> _YOUR INSTRUCTIONS_
In the data below, retype exactly the line that contains "90 main copy 1 31 -> moved 1 31" and every line after it, through the last.

> _Saved entries_

* * * * * * *

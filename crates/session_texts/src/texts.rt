//! Sessions and the texts of their histories, as they stand among the examples.

/// A session, and what it prints.
#[derive(Clone, Copy)]
pub struct Session {
    /// The size of grains in KiB, as the program is told it.
    pub grain: &'static str,
    /// The session.
    pub lines: &'static [u8],
    /// The text of its history.
    pub text: &'static [u8],
}

/// A volume is made, written and read.
pub const FIRST_VOLUME: Session = Session {
    grain: "64",
    lines: b"mkvdisk -name A -size 1
write A 0 1 5a
read A 0 2
",
    text: b"0 main mkvdisk -name A -size 1 -> Virtual Disk, id [0], successfully created
1 main write 0 0 1 5a -> ok
2 main read 0 0 2 -> data 512*5a,512*00
",
};

/// A copy is done, stopped while others depend on it, and reported.
pub const COMPLETE_STOPPED: Session = Session {
    grain: "64",
    lines: b"mkvdisk -name A -size 64 -unit kb
mkvdisk -name B -size 64 -unit kb
mkvdisk -name C -size 64 -unit kb
mkvdisk -name D -size 64 -unit kb
write A 0 1 11
mkfcmap -source A -target B -copyrate 50
mkfcmap -source B -target C -copyrate 0
mkfcmap -source C -target D -copyrate 0
startfcmap -prep 0
startfcmap -prep 1
startfcmap -prep 2
stopfcmap -split fcmap0
advance -seconds 1
lsfcmap -delim : 0
stopfcmap fcmap0
lsfcmapdependentmaps -delim : fcmap0
lsvdisk -delim :
write B 0 1 33
read C 0 1
lsfcmap -delim : fcmap0
lsfcmapdependentmaps -delim : fcmap1
",
    text: b"0 main mkvdisk -name A -size 64 -unit kb -> Virtual Disk, id [0], successfully created
1 main mkvdisk -name B -size 64 -unit kb -> Virtual Disk, id [1], successfully created
2 main mkvdisk -name C -size 64 -unit kb -> Virtual Disk, id [2], successfully created
3 main mkvdisk -name D -size 64 -unit kb -> Virtual Disk, id [3], successfully created
4 main write 0 0 1 11 -> ok
5 main mkfcmap -source A -target B -copyrate 50 -> FlashCopy Mapping, id [0], successfully created
6 main mkfcmap -source B -target C -copyrate 0 -> FlashCopy Mapping, id [1], successfully created
7 main mkfcmap -source C -target D -copyrate 0 -> FlashCopy Mapping, id [2], successfully created
8 main startfcmap -prep 0 -> ok
9 main startfcmap -prep 1 -> ok
10 main startfcmap -prep 2 -> ok
11 main stopfcmap -split fcmap0 -> refused not complete 0 1
12 main advance -seconds 1 -> ok
13 main copy 0 0 -> moved 0 0
14 main lsfcmap -delim : 0 -> rows 16
id:0
name:fcmap0
source_vdisk_id:0
source_vdisk_name:A
target_vdisk_id:1
target_vdisk_name:B
group_id:
group_name:
status:copying
progress:100
copy_rate:50
clean_progress:0
incremental:off
partner_FC_id:
partner_FC_name:
restoring:no
15 main stopfcmap fcmap0 -> ok
16 main lsfcmapdependentmaps -delim : fcmap0 -> rows 3
fc_id:fc_name
1:fcmap1
2:fcmap2
17 main lsvdisk -delim : -> rows 5
id:name:status:capacity:fc_map_count
0:A:online:65536:1
1:B:online:65536:2
2:C:online:65536:2
3:D:online:65536:1
18 main write 1 0 1 33 -> ok
19 main read 2 0 1 -> data 512*11
20 main lsfcmap -delim : fcmap0 -> rows 16
id:0
name:fcmap0
source_vdisk_id:0
source_vdisk_name:A
target_vdisk_id:1
target_vdisk_name:B
group_id:
group_name:
status:idle_or_copied
progress:100
copy_rate:50
clean_progress:100
incremental:off
partner_FC_id:
partner_FC_name:
restoring:no
21 main lsfcmapdependentmaps -delim : fcmap1 -> rows 2
fc_id:fc_name
2:fcmap2
",
};

/// A copy is restored, and its target written.
pub const RESTORED_WRITE: Session = Session {
    grain: "64",
    lines: b"mkvdisk -name A -size 64 -unit kb
mkvdisk -name B -size 64 -unit kb
write A 0 1 11
mkfcmap -source A -target B -copyrate 0
startfcmap -prep fcmap0
mkfcmap -source B -target A -copyrate 50
startfcmap -prep fcmap1
startfcmap -prep -restore fcmap1
advance -seconds 1
write A 0 1 22
read B 0 1
read A 0 1
",
    text: b"0 main mkvdisk -name A -size 64 -unit kb -> Virtual Disk, id [0], successfully created
1 main mkvdisk -name B -size 64 -unit kb -> Virtual Disk, id [1], successfully created
2 main write 0 0 1 11 -> ok
3 main mkfcmap -source A -target B -copyrate 0 -> FlashCopy Mapping, id [0], successfully created
4 main startfcmap -prep fcmap0 -> ok
5 main mkfcmap -source B -target A -copyrate 50 -> FlashCopy Mapping, id [1], successfully created
6 main startfcmap -prep fcmap1 -> refused target is source 0
7 main startfcmap -prep -restore fcmap1 -> ok
8 main advance -seconds 1 -> ok
9 main copy 1 0 -> moved 1 0
10 main write 0 0 1 22 -> ok
11 main read 1 0 1 -> data 512*11
12 main read 0 0 1 -> data 512*22
",
};

/// A copy is done and started again: the second start settles what the copy left, and is then decided.
pub const STARTED_AGAIN: Session = Session {
    grain: "64",
    lines: b"mkvdisk -name A -size 64 -unit kb
mkvdisk -name B -size 64 -unit kb
write A 0 1 11
mkfcconsistgrp -name g
mkfcmap -source A -target B -consistgrp g -copyrate 50
startfcconsistgrp -prep g
advance -seconds 1
startfcconsistgrp -prep g
write A 0 1 22
read B 0 1
lsfcmap -delim :
",
    text: b"0 main mkvdisk -name A -size 64 -unit kb -> Virtual Disk, id [0], successfully created
1 main mkvdisk -name B -size 64 -unit kb -> Virtual Disk, id [1], successfully created
2 main write 0 0 1 11 -> ok
3 main mkfcconsistgrp -name g -> FlashCopy Consistency Group, id [1], successfully created
4 main mkfcmap -source A -target B -consistgrp g -copyrate 50 -> FlashCopy Mapping, id [0], successfully created
5 main startfcconsistgrp -prep g -> ok
6 main advance -seconds 1 -> ok
7 main copy 0 0 -> moved 0 0
8 main startfcconsistgrp -prep g -> ok
9 main write 0 0 1 22 -> ok
10 main read 1 0 1 -> data 512*11
11 main lsfcmap -delim : -> rows 2
id:name:source_vdisk_id:source_vdisk_name:target_vdisk_id:target_vdisk_name:group_id:group_name:status:progress:copy_rate:clean_progress:incremental:partner_FC_id:partner_FC_name:restoring
0:fcmap0:0:A:1:B:1:g:idle_or_copied:100:50:100:off:::no
",
};

/// Thin volumes, a grain of which takes memory when it is first written.
pub const THIN_WRITTEN: Session = Session {
    grain: "64",
    lines: b"mkvdisk -name A -size 128 -unit kb -thin
mkvdisk -name B -size 128 -unit kb -thin
mkvdisk -name C -size 128 -unit kb -thin
write A 0 1 11
mkfcmap -source A -target B -copyrate 50
mkfcmap -source B -target C -copyrate 0
startfcmap -prep 0
startfcmap -prep 1
write A 0 1 22
write B 128 128 33
read C 0 1
advance -seconds 1
read B 0 1
",
    text: b"0 main mkvdisk -name A -size 128 -unit kb -thin -> Virtual Disk, id [0], successfully created
1 main mkvdisk -name B -size 128 -unit kb -thin -> Virtual Disk, id [1], successfully created
2 main mkvdisk -name C -size 128 -unit kb -thin -> Virtual Disk, id [2], successfully created
3 main write 0 0 1 11 -> ok
4 main mkfcmap -source A -target B -copyrate 50 -> FlashCopy Mapping, id [0], successfully created
5 main mkfcmap -source B -target C -copyrate 0 -> FlashCopy Mapping, id [1], successfully created
6 main startfcmap -prep 0 -> ok
7 main startfcmap -prep 1 -> ok
8 main write 0 0 1 22 -> ok
9 main write 1 128 128 33 -> ok
10 main read 2 0 1 -> data 512*11
11 main advance -seconds 1 -> ok
12 main clean 0 0 -> moved 0 0
13 main read 1 0 1 -> data 512*11
",
};

/// A snapshot is taken and read; another is undone, since its mapping's name is taken; and a third is refused.
pub const SNAPSHOTS: Session = Session {
    grain: "64",
    lines: b"mkvdisk -name A -size 128 -unit kb -thin
write A 0 1 11
mkpreset -source A -preset snapshot
write A 0 1 22
read vdisk1 0 1
mkpreset -source A -preset snapshot -name fcmap0
mkpreset -source B -preset snapshot
lsvdisk -delim :
",
    text: b"0 main mkvdisk -name A -size 128 -unit kb -thin -> Virtual Disk, id [0], successfully created
1 main write 0 0 1 11 -> ok
2 main mkvdisk -size 128 -unit kb -thin -> Virtual Disk, id [1], successfully created
3 main mkfcmap -source A -target 1 -copyrate 0 -cleanrate 0 -> FlashCopy Mapping, id [0], successfully created
4 main startfcmap -prep 0 -> ok
5 main write 0 0 1 22 -> ok
6 main read 1 0 1 -> data 512*11
7 main mkvdisk -name fcmap0 -size 128 -unit kb -thin -> Virtual Disk, id [2], successfully created
8 main mkfcmap -source A -target 2 -name fcmap0 -copyrate 0 -cleanrate 0 -> refused name taken 0
9 main rmvdisk 2 -> ok
10 main mkpreset -source B -preset snapshot -> refused no such vdisk
11 main lsvdisk -delim : -> rows 3
id:name:status:capacity:fc_map_count
0:A:online:131072:1
1:vdisk1:online:131072:1
",
};

/// An incremental copy is done, both volumes are written, and it is started again.
pub const INCREMENTAL: Session = Session {
    grain: "64",
    lines: b"mkvdisk -name A -size 256 -unit kb
mkvdisk -name B -size 256 -unit kb
mkfcmap -source A -target B -incremental -copyrate 50
startfcmap -prep fcmap0
advance -seconds 1
lsfcmapprogress -delim : 0
write A 0 1 22
write B 384 1 33
startfcmap -prep 0
lsfcmapprogress -delim : 0
read B 0 1
read B 384 1
",
    text: b"0 main mkvdisk -name A -size 256 -unit kb -> Virtual Disk, id [0], successfully created
1 main mkvdisk -name B -size 256 -unit kb -> Virtual Disk, id [1], successfully created
2 main mkfcmap -source A -target B -copyrate 50 -incremental -> FlashCopy Mapping, id [0], successfully created
3 main startfcmap -prep fcmap0 -> ok
4 main advance -seconds 1 -> ok
5 main copy 0 0 -> moved 0 0
6 main copy 0 1 -> moved 0 1
7 main copy 0 2 -> moved 0 2
8 main copy 0 3 -> moved 0 3
9 main lsfcmapprogress -delim : 0 -> rows 2
id:progress
0:100
10 main write 0 0 1 22 -> ok
11 main write 1 384 1 33 -> ok
12 main startfcmap -prep 0 -> ok
13 main lsfcmapprogress -delim : 0 -> rows 2
id:progress
0:50
14 main read 1 0 1 -> data 512*22
15 main read 1 384 1 -> data 512*00
",
};

/// A night's work: a backup, a change, a restore, and the next backup, which is incremental.
pub const NIGHTS_WORK: Session = Session {
    grain: "256",
    lines: b"mkvdisk -name DB -size 8
mkvdisk -name DB_bk -size 8
write DB 0 8192 aa
mkfcmap -source DB -target DB_bk -name nightly -incremental
startfcmap -prep nightly
advance -seconds 60
lsfcmap -delim :
write DB 0 1 bb
mkfcmap -source DB_bk -target DB -name back -copyrate 50
startfcmap -prep -restore back
read DB 0 1
advance -seconds 60
startfcmap -prep nightly
lsfcmapprogress -delim : nightly
",
    text: b"0 main mkvdisk -name DB -size 8 -> Virtual Disk, id [0], successfully created
1 main mkvdisk -name DB_bk -size 8 -> Virtual Disk, id [1], successfully created
2 main write 0 0 512 aa -> ok
3 main write 0 512 512 aa -> ok
4 main write 0 1024 512 aa -> ok
5 main write 0 1536 512 aa -> ok
6 main write 0 2048 512 aa -> ok
7 main write 0 2560 512 aa -> ok
8 main write 0 3072 512 aa -> ok
9 main write 0 3584 512 aa -> ok
10 main write 0 4096 512 aa -> ok
11 main write 0 4608 512 aa -> ok
12 main write 0 5120 512 aa -> ok
13 main write 0 5632 512 aa -> ok
14 main write 0 6144 512 aa -> ok
15 main write 0 6656 512 aa -> ok
16 main write 0 7168 512 aa -> ok
17 main write 0 7680 512 aa -> ok
18 main mkfcmap -source DB -target DB_bk -name nightly -incremental -> FlashCopy Mapping, id [0], successfully created
19 main startfcmap -prep nightly -> ok
20 main advance -seconds 60 -> ok
21 main copy 0 0 -> moved 0 0
22 main copy 0 1 -> moved 0 1
23 main copy 0 2 -> moved 0 2
24 main copy 0 3 -> moved 0 3
25 main copy 0 4 -> moved 0 4
26 main copy 0 5 -> moved 0 5
27 main copy 0 6 -> moved 0 6
28 main copy 0 7 -> moved 0 7
29 main copy 0 8 -> moved 0 8
30 main copy 0 9 -> moved 0 9
31 main copy 0 10 -> moved 0 10
32 main copy 0 11 -> moved 0 11
33 main copy 0 12 -> moved 0 12
34 main copy 0 13 -> moved 0 13
35 main copy 0 14 -> moved 0 14
36 main copy 0 15 -> moved 0 15
37 main copy 0 16 -> moved 0 16
38 main copy 0 17 -> moved 0 17
39 main copy 0 18 -> moved 0 18
40 main copy 0 19 -> moved 0 19
41 main copy 0 20 -> moved 0 20
42 main copy 0 21 -> moved 0 21
43 main copy 0 22 -> moved 0 22
44 main copy 0 23 -> moved 0 23
45 main copy 0 24 -> moved 0 24
46 main copy 0 25 -> moved 0 25
47 main copy 0 26 -> moved 0 26
48 main copy 0 27 -> moved 0 27
49 main copy 0 28 -> moved 0 28
50 main copy 0 29 -> moved 0 29
51 main copy 0 30 -> moved 0 30
52 main copy 0 31 -> moved 0 31
53 main lsfcmap -delim : -> rows 2
id:name:source_vdisk_id:source_vdisk_name:target_vdisk_id:target_vdisk_name:group_id:group_name:status:progress:copy_rate:clean_progress:incremental:partner_FC_id:partner_FC_name:restoring
0:nightly:0:DB:1:DB_bk:::idle_or_copied:100:50:100:on:::no
54 main write 0 0 1 bb -> ok
55 main mkfcmap -source DB_bk -target DB -name back -copyrate 50 -> FlashCopy Mapping, id [1], successfully created
56 main startfcmap -prep -restore back -> ok
57 main read 0 0 1 -> data 512*aa
58 main advance -seconds 60 -> ok
59 main copy 1 0 -> moved 1 0
60 main copy 1 1 -> moved 1 1
61 main copy 1 2 -> moved 1 2
62 main copy 1 3 -> moved 1 3
63 main copy 1 4 -> moved 1 4
64 main copy 1 5 -> moved 1 5
65 main copy 1 6 -> moved 1 6
66 main copy 1 7 -> moved 1 7
67 main copy 1 8 -> moved 1 8
68 main copy 1 9 -> moved 1 9
69 main copy 1 10 -> moved 1 10
70 main copy 1 11 -> moved 1 11
71 main copy 1 12 -> moved 1 12
72 main copy 1 13 -> moved 1 13
73 main copy 1 14 -> moved 1 14
74 main copy 1 15 -> moved 1 15
75 main copy 1 16 -> moved 1 16
76 main copy 1 17 -> moved 1 17
77 main copy 1 18 -> moved 1 18
78 main copy 1 19 -> moved 1 19
79 main copy 1 20 -> moved 1 20
80 main copy 1 21 -> moved 1 21
81 main copy 1 22 -> moved 1 22
82 main copy 1 23 -> moved 1 23
83 main copy 1 24 -> moved 1 24
84 main copy 1 25 -> moved 1 25
85 main copy 1 26 -> moved 1 26
86 main copy 1 27 -> moved 1 27
87 main copy 1 28 -> moved 1 28
88 main copy 1 29 -> moved 1 29
89 main copy 1 30 -> moved 1 30
90 main copy 1 31 -> moved 1 31
91 main startfcmap -prep nightly -> ok
92 main lsfcmapprogress -delim : nightly -> rows 2
id:progress
0:100
",
};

* * * * * * *

> _ANSWER SPACE_
90 main copy 1 31 -> moved 1 31
91 main startfcmap -prep nightly -> ok
92 main lsfcmapprogress -delim : nightly -> rows 2
id:progress
0:100
",
};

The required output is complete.